Trust me, sweetie. You're never be one of those geniuses, no matter how hard you try.
"Sweetie, let's get something clear. I reject sororities they don't reject me. I am person wish they were friends and I am the name that everyone drops because I am the s**t. "
How are sororities rejecting you if you didn't go to school?
HAHAHAHAHHAHAA idiot.
Due to the fact that she mentioned going to college in her entry (that was when she did Jenny Craig, remember?), I would assume that was when sororities rejected her. In your own eloquent words, "HAHAHAHAHAHAHAHHA idiot."
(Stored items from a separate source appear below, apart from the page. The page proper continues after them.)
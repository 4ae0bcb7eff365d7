//! The interval timer: alarm(2), setitimer(2), and getitimer(2), 4105.
use session_scripts::first_wrong;
use std::test::Fail;

/// EINVAL is 22, EFAULT 14: another timer than 0, 1,000,000 microseconds, seconds below 0, a value that can't be read, and no place for
/// what getitimer(2) tells. 999,999 microseconds are taken.
const REFUSED: &str = r"
    addiu $a0 $zero 1; addiu $a1 $zero 0; addiu $a2 $zero 0; addiu $v0 $zero setitimer; syscall
    addiu $a0 $v0 0; addiu $v0 $zero exit; syscall
    o32run run p = exited 22 22 8

    addiu $a0 $zero 2; addiu $a1 $sp 0; addiu $v0 $zero 4105; syscall
    addiu $a0 $v0 0; addiu $v0 $zero exit; syscall
    o32run run p = exited 22 22 7

    lui $t0 0xF; ori $t0 $t0 0x4240; sw $t0 0xFFEC $sp
    addiu $a0 $zero 0; addiu $a1 $sp 0xFFE0; addiu $a2 $zero 0; addiu $v0 $zero setitimer; syscall
    addiu $a0 $v0 0; addiu $v0 $zero exit; syscall
    o32run run p = exited 22 22 11

    lui $t0 0xF; ori $t0 $t0 0x423F; sw $t0 0xFFEC $sp
    addiu $a0 $zero 0; addiu $a1 $sp 0xFFE0; addiu $a2 $zero 0; addiu $v0 $zero setitimer; syscall
    addiu $a0 $v0 0; addiu $v0 $zero exit; syscall
    o32run run p = exited 0 0 11

    addiu $t0 $zero 0xFFFF; sw $t0 0xFFE8 $sp
    addiu $a0 $zero 0; addiu $a1 $sp 0xFFE0; addiu $a2 $zero 0; addiu $v0 $zero setitimer; syscall
    addiu $a0 $v0 0; addiu $v0 $zero exit; syscall
    o32run run p = exited 22 22 10

    addiu $a0 $zero 0; lui $a1 0x50; addiu $a2 $zero 0; addiu $v0 $zero setitimer; syscall
    addiu $a0 $v0 0; addiu $v0 $zero exit; syscall
    o32run run p = exited 14 14 8

    addiu $a0 $zero 0; addiu $a1 $zero 0; addiu $v0 $zero 4105; syscall
    addiu $a0 $v0 0; addiu $v0 $zero exit; syscall
    o32run run p = exited 14 14 7
";

/// A timer of a second with a period of two, in turns of 7 nanoseconds. What is left is rounded down to 999,999 microseconds, and told
/// by getitimer(2), and by setitimer(2) without a new value, which disarms: nothing is left then.
const TOLD: &str = r"
    addiu $t0 $zero 2; sw $t0 0xFFE0 $sp; addiu $t0 $zero 1; sw $t0 0xFFE8 $sp
    addiu $a0 $zero 0; addiu $a1 $sp 0xFFE0; addiu $a2 $zero 0; addiu $v0 $zero setitimer; syscall
    addiu $a0 $zero 0; addiu $a1 $sp 0xFFC0; addiu $v0 $zero 4105; syscall
    addiu $a0 $zero 1; addiu $a1 $sp 0xFFC0; addiu $a2 $zero 16; addiu $v0 $zero write; syscall
    addiu $a0 $zero 0; addiu $v0 $zero exit; syscall
    file t quantum 7\n
    out \0\0\0\x02\0\0\0\0\0\0\0\0\0\x0F\x42\x3F
    o32run run --schedule t p = exited 0 0 21

    addiu $t0 $zero 2; sw $t0 0xFFE0 $sp; addiu $t0 $zero 1; sw $t0 0xFFE8 $sp
    addiu $a0 $zero 0; addiu $a1 $sp 0xFFE0; addiu $a2 $zero 0; addiu $v0 $zero setitimer; syscall
    addiu $a0 $zero 0; addiu $a1 $zero 0; addiu $a2 $sp 0xFFC0; addiu $v0 $zero setitimer; syscall
    addiu $a0 $zero 0; addiu $a1 $sp 0xFFD0; addiu $v0 $zero 4105; syscall
    addiu $a0 $zero 1; addiu $a1 $sp 0xFFC0; addiu $a2 $zero 32; addiu $v0 $zero write; syscall
    addiu $a0 $zero 0; addiu $v0 $zero exit; syscall
    file t quantum 7\n
    out \0\0\0\x02\0\0\0\0\0\0\0\0\0\x0F\x42\x3F\0\0\0\0\0\0\0\0\0\0\0\0\0\0\0\0
    o32run run --schedule t p = exited 0 0 26
";

/// A timer of 10 microseconds, set in the seventh turn, is due in the seventeenth, whose instruction stands in a branch's slot: SIGALRM
/// kills in the eighteenth.
const DUE: &str = r"
    addiu $t0 $zero 10; sw $t0 0xFFEC $sp
    addiu $a0 $zero 0; addiu $a1 $sp 0xFFE0; addiu $a2 $zero 0; addiu $v0 $zero setitimer; syscall
    beq $zero $zero 0xFFFF; nop
    trace 7 call 4104 00000000 7ffeff20 00000000 00000000 = 00000000 0
    trace 17 post 14
    trace 18 killed 14
    o32run run --trace trace p = killed 14 142 18
";

/// alarm(2) of 2 gives 0 where there was no timer; then alarm(2) of 0 gives 2, and disarms, so that the next one gives 0 and pause(2) has
/// nothing to wait for. One of 3 gives the second of a timer with a period, and takes the period away: after five turns of a microsecond
/// 2.999995 s are left.
const ALARMS: &str = r"
    addiu $a0 $zero 2; addiu $v0 $zero alarm; syscall; sw $v0 0xFFC0 $sp
    addiu $a0 $zero 0; addiu $v0 $zero alarm; syscall; sw $v0 0xFFC4 $sp
    addiu $a0 $zero 0; addiu $v0 $zero alarm; syscall; sw $v0 0xFFC8 $sp
    addiu $a0 $zero 1; addiu $a1 $sp 0xFFC0; addiu $a2 $zero 12; addiu $v0 $zero write; syscall
    addiu $v0 $zero pause; syscall
    out \0\0\0\0\0\0\0\x02\0\0\0\0
    o32run run p = blocked 123 19

    addiu $t0 $zero 2; sw $t0 0xFFE0 $sp; addiu $t0 $zero 1; sw $t0 0xFFE8 $sp
    addiu $a0 $zero 0; addiu $a1 $sp 0xFFE0; addiu $a2 $zero 0; addiu $v0 $zero setitimer; syscall
    addiu $a0 $zero 3; addiu $v0 $zero alarm; syscall; addiu $s0 $v0 0
    addiu $a0 $zero 0; addiu $a1 $sp 0xFFC0; addiu $v0 $zero 4105; syscall
    addiu $a0 $zero 1; addiu $a1 $sp 0xFFC0; addiu $a2 $zero 16; addiu $v0 $zero write; syscall
    addiu $a0 $s0 0; addiu $v0 $zero exit; syscall
    out \0\0\0\0\0\0\0\0\0\0\0\x02\0\x0F\x42\x3B
    o32run run p = exited 1 1 25
";

/// What alarm(2) gives of a timer of 1.4 s, of 1.6 s and of 0.3 s; of 1.500003 s and of 1.500002 s three turns of a microsecond later, so
/// that a half is left, and less; and of a microsecond after three turns of 333 nanoseconds, so that one nanosecond is left.
const ROUNDED: &str = r"
    addiu $t0 $zero 1; sw $t0 0xFFE8 $sp; lui $t0 6; ori $t0 $t0 0x1A80; sw $t0 0xFFEC $sp
    addiu $a0 $zero 0; addiu $a1 $sp 0xFFE0; addiu $a2 $zero 0; addiu $v0 $zero setitimer; syscall
    addiu $a0 $zero 0; addiu $v0 $zero alarm; syscall; addiu $a0 $v0 0; addiu $v0 $zero exit; syscall
    o32run run p = exited 1 1 16

    addiu $t0 $zero 1; sw $t0 0xFFE8 $sp; lui $t0 9; ori $t0 $t0 0x27C0; sw $t0 0xFFEC $sp
    addiu $a0 $zero 0; addiu $a1 $sp 0xFFE0; addiu $a2 $zero 0; addiu $v0 $zero setitimer; syscall
    addiu $a0 $zero 0; addiu $v0 $zero alarm; syscall; addiu $a0 $v0 0; addiu $v0 $zero exit; syscall
    o32run run p = exited 2 2 16

    lui $t0 4; ori $t0 $t0 0x93E0; sw $t0 0xFFEC $sp
    addiu $a0 $zero 0; addiu $a1 $sp 0xFFE0; addiu $a2 $zero 0; addiu $v0 $zero setitimer; syscall
    addiu $a0 $zero 0; addiu $v0 $zero alarm; syscall; addiu $a0 $v0 0; addiu $v0 $zero exit; syscall
    o32run run p = exited 1 1 14

    addiu $t0 $zero 1; sw $t0 0xFFE8 $sp; lui $t0 7; ori $t0 $t0 0xA123; sw $t0 0xFFEC $sp
    addiu $a0 $zero 0; addiu $a1 $sp 0xFFE0; addiu $a2 $zero 0; addiu $v0 $zero setitimer; syscall
    addiu $a0 $zero 0; addiu $v0 $zero alarm; syscall; addiu $a0 $v0 0; addiu $v0 $zero exit; syscall
    o32run run p = exited 2 2 16

    addiu $t0 $zero 1; sw $t0 0xFFE8 $sp; lui $t0 7; ori $t0 $t0 0xA122; sw $t0 0xFFEC $sp
    addiu $a0 $zero 0; addiu $a1 $sp 0xFFE0; addiu $a2 $zero 0; addiu $v0 $zero setitimer; syscall
    addiu $a0 $zero 0; addiu $v0 $zero alarm; syscall; addiu $a0 $v0 0; addiu $v0 $zero exit; syscall
    o32run run p = exited 1 1 16

    addiu $t0 $zero 1; sw $t0 0xFFEC $sp
    addiu $a0 $zero 0; addiu $a1 $sp 0xFFE0; addiu $a2 $zero 0; addiu $v0 $zero setitimer; syscall
    addiu $a0 $zero 0; addiu $v0 $zero alarm; syscall; addiu $a0 $v0 0; addiu $v0 $zero exit; syscall
    file t quantum 333\n
    o32run run --schedule t p = exited 1 1 13
";

/// alarm(2) of 1 in the fourteenth turn, in which the clock shows 13,000 nanoseconds, and then pause(2): the clock jumps to 1.000013 s, and
/// the handler of SIGALRM, 14, writes the time in its fourth turn. It runs once, so that the next pause(2) has nothing to wait for.
const ALARM_COMES: &str = r"
    beq $zero $zero 12; nop
    addiu $a0 $zero 1; addiu $a1 $sp 0xFFE0; addiu $v0 $zero clock_gettime; syscall
    addiu $a0 $zero 1; addiu $a1 $sp 0xFFE0; addiu $a2 $zero 8; addiu $v0 $zero write; syscall; jr $ra; nop
    lui $t0 0x40; ori $t0 $t0 8; sw $t0 0xFFC4 $sp
    addiu $a0 $zero 14; addiu $a1 $sp 0xFFC0; addiu $a2 $zero 0; addiu $a3 $zero 16; addiu $v0 $zero rt_sigaction; syscall
    addiu $a0 $zero 1; addiu $v0 $zero alarm; syscall
    addiu $v0 $zero pause; syscall
    addiu $v0 $zero pause; syscall
    out \0\0\0\x01\0\0\x3E\x80
    o32run run p = blocked 123 32
";

#[test]
fn refused(rt: HostRuntime) -> Result<(), Fail> {
    assert_eq!(rt; first_wrong(rt.alloc(), "", REFUSED)?, None);
    Ok(())
}

#[test]
fn told(rt: HostRuntime) -> Result<(), Fail> {
    assert_eq!(rt; first_wrong(rt.alloc(), "", TOLD)?, None);
    assert_eq!(rt; first_wrong(rt.alloc(), "", DUE)?, None);
    Ok(())
}

#[test]
fn alarms(rt: HostRuntime) -> Result<(), Fail> {
    assert_eq!(rt; first_wrong(rt.alloc(), "", ALARMS)?, None);
    assert_eq!(rt; first_wrong(rt.alloc(), "", ROUNDED)?, None);
    assert_eq!(rt; first_wrong(rt.alloc(), "", ALARM_COMES)?, None);
    Ok(())
}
By "higher education", I assume Prada Princess meant grad school. Come on now. I'm not saying we don't need nuclear physicists and such, but not everyone needs to be one. In the big picture of life, who the f'ck cares if you went to grad school, or school at all? Oooh, you're an overprivelaged American wasting forty grand of your parents' money on a creative writing degree. Ooh, I'm so impressed with your pursuit of higher learning. Prada Princess talks incessently about shopping, the rest of you talk incessently about school. All of you are narrow minded and self centered-- and so is everyone else in North America. Seriously, there are bigger issues in the world. Don't deem your equally irrelevent life and ambitions any more important.
You're all attacking some girl for her lack of education when you're sitting on the internet critisizing everything she writes like pretentious losers. Sure, I'm sitting on the internet critisizing you, but I'm from Canada. We don't have much else to do up here.
If you don't like what she writes, stop reading it. Or start your own blog and bitch about it when your useless degree lands you some spare time thanks to unemployment.
Get over yourselves. All of you.
Love,
Heather, the equally irrelevent pretentious Canadian
I just wish you had responded to my comment where I considered you for marriage. I will be in NY for the weekend of March 19, we can get married then if you want. We would make beautiful designer babies I think.
Love Always.
http://applesandbanoonoos.blogspot.com/
never mind all of this other nonsense-
stop trying to give cheese a bad rap!
overage of ass is not cheese's fault, it's wheat's fault !
Prade Princess, are you EVER going to post anything about PRADA? I love Prada, and I want to hear about Prada. What's up with all the DKNY?
PP,
I'm a first time reader today. Since the first negative comment I read, I was like "Whoa, wait a minute, why are these people even reading what she has to say?"
I would have reacted in the same way. That chick has issues.